People take part in the first Washington, D.C. Scream Club event on Oct. 19. Co-leaders will continue to host biweekly — and eventually, if there’s enough interest, weekly — screams. (Marvin Joseph/The Washington Post)
The first rule of Scream Club is that you have to sign something indemnifying Scream Club in case you hurt yourself screaming.
“I acknowledge that participation in Scream Clubᵀᴹ may carry certain risks, including but not limited to emotional distress, vocal strain, or accidental injury,” reads the liability waiver.
The second rule of Scream Club is that you don’t talk about what brought you to Scream Club. Well, you can if you really want to. But feel free to set an intention in your heart and keep it there.
“Just think about something that you’d really like to release, something that’s been bothering you,” says John Hueste, co-leader of the Washington, D.C. chapter of Scream Club — an extracurricular group that emerged last winter and has expanded to several U.S. cities. “Something that you feel like screaming about.”
On Oct. 19 a group of about 12 people circled up at the end of District Pier, as Hueste and fellow chapter head Monica Elms led them through what was about to take place.
“We’ll start with some breath work, and we’ll set an intention,” Hueste says to the group.
An anxious-looking security guard with a walkie-talkie eyed them from the side of the wide pier at the heart of the Wharf entertainment district. Hueste and Elms chose it because screaming on private property would spare them the need to get permission from the National Park Service. Plus, an apolitical setting is best, since people aren’t necessarily screaming about politics.
“It would be great to be able to scream in front of the White House,” Hueste says, “but that’s probably not the best location, especially just for, like, a general scream.”
In 2025, people have plenty of options for how to release tension. (And for some people, in Washington and elsewhere, there has been a lot of tension.) You can go to yoga, go to therapy, practice meditation, lift weights, post on the internet. But have you tried: screaming in public? That’s always been an option, of course, but there’s a structured version now.
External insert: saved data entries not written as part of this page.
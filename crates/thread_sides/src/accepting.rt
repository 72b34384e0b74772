//! What a scheduler may be given.
ghost use Rattle.std.specs.Prelude.{◌≡◌};
ghost use Rattle.thread_sides.specs.Admitted.{keeps_flags, may_accept};

use crate::id_flags::IdFlags;
use order_model::{Kind, Request};

// A barrier is order-preserving, and a flush is so and has the barrier flag.
fn keeps_order(request: &Request) -> bool
    ensures { result ≡ keeps_flags request.now }
{
    let is_flush = matches!(request.kind, Kind::Flush);
    (!request.barrier || request.ordered) && (!is_flush || (request.ordered && request.barrier))
}

/// Whether a scheduler that accepted so many requests, with these ids, may be given this one.
pub fn is_acceptable(flags: &IdFlags, accepted: usize, request: &Request) -> bool
    ensures { result ≡ may_accept flags.now accepted request.now }
{
    accepted < flags.limit() && flags.is_new(request.id) && keeps_order(request)
}
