//! Two of the three sides of a session in threads: the scheduler and the device, each with its ends of the queues and the
//! list of its events, as one value that a lock can hold.
//!
//! Stands on `schedulers::dispatch`, whose ends the sides hold, and on the traits of schedulers and of ordered devices. What
//! matters most is the invariant of each side, `IsSchedReplay` in `specs/SchedReplay.antt` and `IsDeviceReplay` in
//! `specs/DeviceReplay.antt`: the part is the replay of the side's events, from the part that the session opens, over what
//! the side took. Whoever gets the lock knows that, and of the other sides nothing; so a side asks of each item that it takes
//! whether its part may be given it, by one flag for each id (`IdFlags`). What the session opens stands in the type of a
//! side: a parameter N, whose meanings are the image and the numbers of the script's header (`PartNames`).
#![tactic(auto)]

mod accepting;
mod device_side;
mod events;
mod id_flags;
mod laws;
mod names;
mod receiving;
mod sched_side;

pub use accepting::is_acceptable;
pub use device_side::DeviceSide;
pub use events::{DeviceEvent, Effects, HostEvent, SchedEvent};
pub use id_flags::IdFlags;
pub use laws::{
    commands_that_pass_are_receivable, has_sent_all, lists_have_what_waits,
    requests_that_pass_are_acceptable,
};
pub use names::{OpensDevice, OpensScheduler, PartNames};
pub use receiving::take_receivable;
pub use sched_side::SchedSide;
A safe space for screamers.
“Obviously we have demonstrations and protests,” Hueste says. “But there’s not really a way to just, like, let out your anger or frustrations or whatever it is for just anything, even if it’s personal.”
Therapeutic screaming dates back to the 1960s, when psychologist Arthur Janov developed primal scream therapy, based on the notion that all adult neuroses originated from childhood trauma and could be addressed through regression. The scream, a manifestation of that regression, “sounds like what you might hear from a person about to be murdered,” Janov told People magazine in 1978. John Lennon and Yoko Ono were among its proponents. Janov’s techniques have fallen out of favor, and some therapists assert that there is no long-term therapeutic benefit to scream therapy.
But that’s not what this is. Scream Club, while positioned as a “wellness community,” isn’t therapy — it’s just a way to let off steam.
“I have found a lot of joy in screaming,” says Elms, whose alma mater, Michigan State University, has a tradition of a finals week “midnight scream.”
Scream Club was founded in Chicago by couple Manny Hernandez and Elena Soboleva, who decided to scream it out after a tough week last December. It went viral for its line of angsty Midwesterners bellowing it out on the shore of Lake Michigan. Hernandez is a fitness coach and breath-work practitioner.
Screaming “calms your nervous system down,” he says. “It does give you this cathartic feeling.” Says Soboleva: “It’s such a taboo to do something like that — to scream, especially in public. For me personally, it was a form of liberation.”
The club began to expand to other cities including Austin, Phoenix and Atlanta. And now it’s in Washington, a city that sure does have an awful lot to scream about. The inaugural scream took place Oct. 19, and the co-leaders will continue to host biweekly — and eventually, if there’s enough interest, weekly — screams.
As Hueste led the group in a breathing exercise (inhale to the count of four, hold for four seconds, then exhale slowly), a vessel advertising hot-tub boat tours passed by. The captain waved.
“Try to scream this way,” said the security guard, gesturing toward East Potomac Park, away from the expensive boats and crowds lined up at the Anthem for a concert featuring Swedish rapper Yung Lean.
Elms notified all of the people milling around nearby about what would happen, so they wouldn’t be alarmed. A few chose to join in.
Everyone lined up, and on the count of three, let out a collective “AHHHHHHHHHHHHHHHHHHHH!”
Then another, and then — “Make it big,” Hueste instructed — a third scream.
The screaming ended. Nobody appeared to have injured themselves. Quite the opposite.
“My body is kind of, like, vibrating right now,” JonElle Lemon, who came from Alexandria, said postscream.
“I feel like my chest feels better,” said Abigail Tierney, of Washington. “The anxiety kind of goes to my chest, usually. And it feels released.”